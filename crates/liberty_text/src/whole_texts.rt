//! The tokens of whole Liberty texts.

ghost use Rattle.std.specs.Prelude.{◌≡◌, length, All, IfOk, IfErr};
ghost use Rattle.liberty_text.specs.declared.token.Stop.TheVariants.{End};
ghost use Rattle.liberty_text.specs.Scanner.{scan_of};
ghost use Rattle.liberty_text.specs.TokenLaws.{IsInside, AreInOrder};
ghost use Rattle.liberty_text.specs.Tokens.{Reads, AreTokensOf, IsFaultOf};

use crate::kept::{Kept, KeptScan};
use crate::scanner::Scanner;
use crate::token::{Scan, Stop, TextFault, Token};
use std::alloc::{AllocError, Global};

/// The tokens of a text up to the place where it stops, and what stops it there.
#[tactic(auto, using(crate::proofs::Sound::reads, crate::proofs::Places::all_inside, crate::proofs::Places::all_in_order))]
pub fn scan(alloc: Global, bytes: &[u8]) -> Result<Scan, AllocError>
    ensures grammar { IfOk result (λ found. Reads bytes.now found.tokens.items found.stop) }
    ensures tokens { IfOk result (λ found. found.tokens.items ≡ (scan_of bytes.now).0) }
    ensures stop { IfOk result (λ found. found.stop ≡ (scan_of bytes.now).1) }
    ensures inside { IfOk result (λ found. All (IsInside (length bytes.now)) found.tokens.items) }
    ensures in_order { IfOk result (λ found. AreInOrder 0 found.tokens.items) }
{
    scan_out(alloc, bytes)
}

/// The tokens of a text up to the place where it stops, in eight bytes each, and what stops it there. There is no memory for a
/// token that begins at 4 GiB or later, or has 256 MiB or more.
#[tactic(auto, using(crate::proofs::Places::all_inside))]
pub fn scan_kept(alloc: Global, bytes: &[u8]) -> Result<KeptScan, AllocError>
    ensures tokens { IfOk result (λ found. found.tokens.items ≡ (scan_of bytes.now).0) }
    ensures stop { IfOk result (λ found. found.stop ≡ (scan_of bytes.now).1) }
    ensures inside { IfOk result (λ found. All (IsInside (length bytes.now)) found.tokens.items) }
{
    scan_bytes(alloc, bytes)
}

/// `scan_kept`, step by step.
fn scan_bytes(alloc: Global, bytes: &[u8]) -> Result<KeptScan, AllocError>
    ensures tokens { IfOk result (λ found. found.tokens.items ≡ (scan_of bytes.now).0) }
    ensures stop { IfOk result (λ found. found.stop ≡ (scan_of bytes.now).1) }
{
    let mut scanner = Scanner::new(alloc);
    for (at, byte) in bytes.iter().enumerate() {
        scanner.step(at, *byte)?;
    }
    scanner.finish(bytes.len())
}

/// `scan`, by way of the tokens in eight bytes each.
fn scan_out(alloc: Global, bytes: &[u8]) -> Result<Scan, AllocError>
    ensures tokens { IfOk result (λ found. found.tokens.items ≡ (scan_of bytes.now).0) }
    ensures stop { IfOk result (λ found. found.stop ≡ (scan_of bytes.now).1) }
{
    let KeptScan { tokens, stop } = scan_bytes(alloc, bytes)?;
    let tokens = tokens_out(alloc, &tokens)?;
    Ok(Scan { tokens, stop })
}

/// The tokens that are kept.
fn tokens_out(alloc: Global, kept: &[Kept]) -> Result<Vec<Token>, AllocError>
    ensures { IfOk result (λ tokens. tokens.items ≡ kept.now) }
{
    let mut tokens = Vec::with_capacity(alloc, kept.len())?;
    for one in kept {
        tokens.push(one.token())?;
    }
    Ok(tokens)
}

/// The tokens of a text, or its first fault.
pub fn tokens(alloc: Global, bytes: &[u8]) -> Result<Vec<Token>, TextFault>
    ensures read { IfOk result (λ found. AreTokensOf found.items bytes.now) }
    ensures fault { IfErr result (λ fault. IsFaultOf fault bytes.now) }
    ensures exact { IfOk result (λ found. scan_of bytes.now ≡ (found.items, End)) }
    ensures inside { IfOk result (λ found. All (IsInside (length bytes.now)) found.items) }
    ensures in_order { IfOk result (λ found. AreInOrder 0 found.items) }
{
    let Ok(Scan { tokens, stop }) = scan(alloc, bytes) else {
        return Err(TextFault::Memory);
    };
    match stop {
        Stop::End => Ok(tokens),
        Stop::BadByte(at) | Stop::OpenContinuation(at) => Err(TextFault::BadByte(at)),
        Stop::OpenText(at) => Err(TextFault::OpenText(at)),
        Stop::OpenComment(at) => Err(TextFault::OpenComment(at)),
    }
}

..............................

**AIM OF THE EXERCISE**:
Both the first line of the data above and the line with "#[tactic(auto, using(crate::proofs::Places::all_inside))]" must be included; please return exactly those lines and the ones between them.

**RESULT FOR THIS TASK**:
filename crates/liberty_text/src/whole_texts.rt
//! The tokens of whole Liberty texts.

ghost use Rattle.std.specs.Prelude.{◌≡◌, length, All, IfOk, IfErr};
ghost use Rattle.liberty_text.specs.declared.token.Stop.TheVariants.{End};
ghost use Rattle.liberty_text.specs.Scanner.{scan_of};
ghost use Rattle.liberty_text.specs.TokenLaws.{IsInside, AreInOrder};
ghost use Rattle.liberty_text.specs.Tokens.{Reads, AreTokensOf, IsFaultOf};

use crate::kept::{Kept, KeptScan};
use crate::scanner::Scanner;
use crate::token::{Scan, Stop, TextFault, Token};
use std::alloc::{AllocError, Global};

/// The tokens of a text up to the place where it stops, and what stops it there.
#[tactic(auto, using(crate::proofs::Sound::reads, crate::proofs::Places::all_inside, crate::proofs::Places::all_in_order))]
pub fn scan(alloc: Global, bytes: &[u8]) -> Result<Scan, AllocError>
    ensures grammar { IfOk result (λ found. Reads bytes.now found.tokens.items found.stop) }
    ensures tokens { IfOk result (λ found. found.tokens.items ≡ (scan_of bytes.now).0) }
    ensures stop { IfOk result (λ found. found.stop ≡ (scan_of bytes.now).1) }
    ensures inside { IfOk result (λ found. All (IsInside (length bytes.now)) found.tokens.items) }
    ensures in_order { IfOk result (λ found. AreInOrder 0 found.tokens.items) }
{
    scan_out(alloc, bytes)
}

/// The tokens of a text up to the place where it stops, in eight bytes each, and what stops it there. There is no memory for a
/// token that begins at 4 GiB or later, or has 256 MiB or more.
#[tactic(auto, using(crate::proofs::Places::all_inside))]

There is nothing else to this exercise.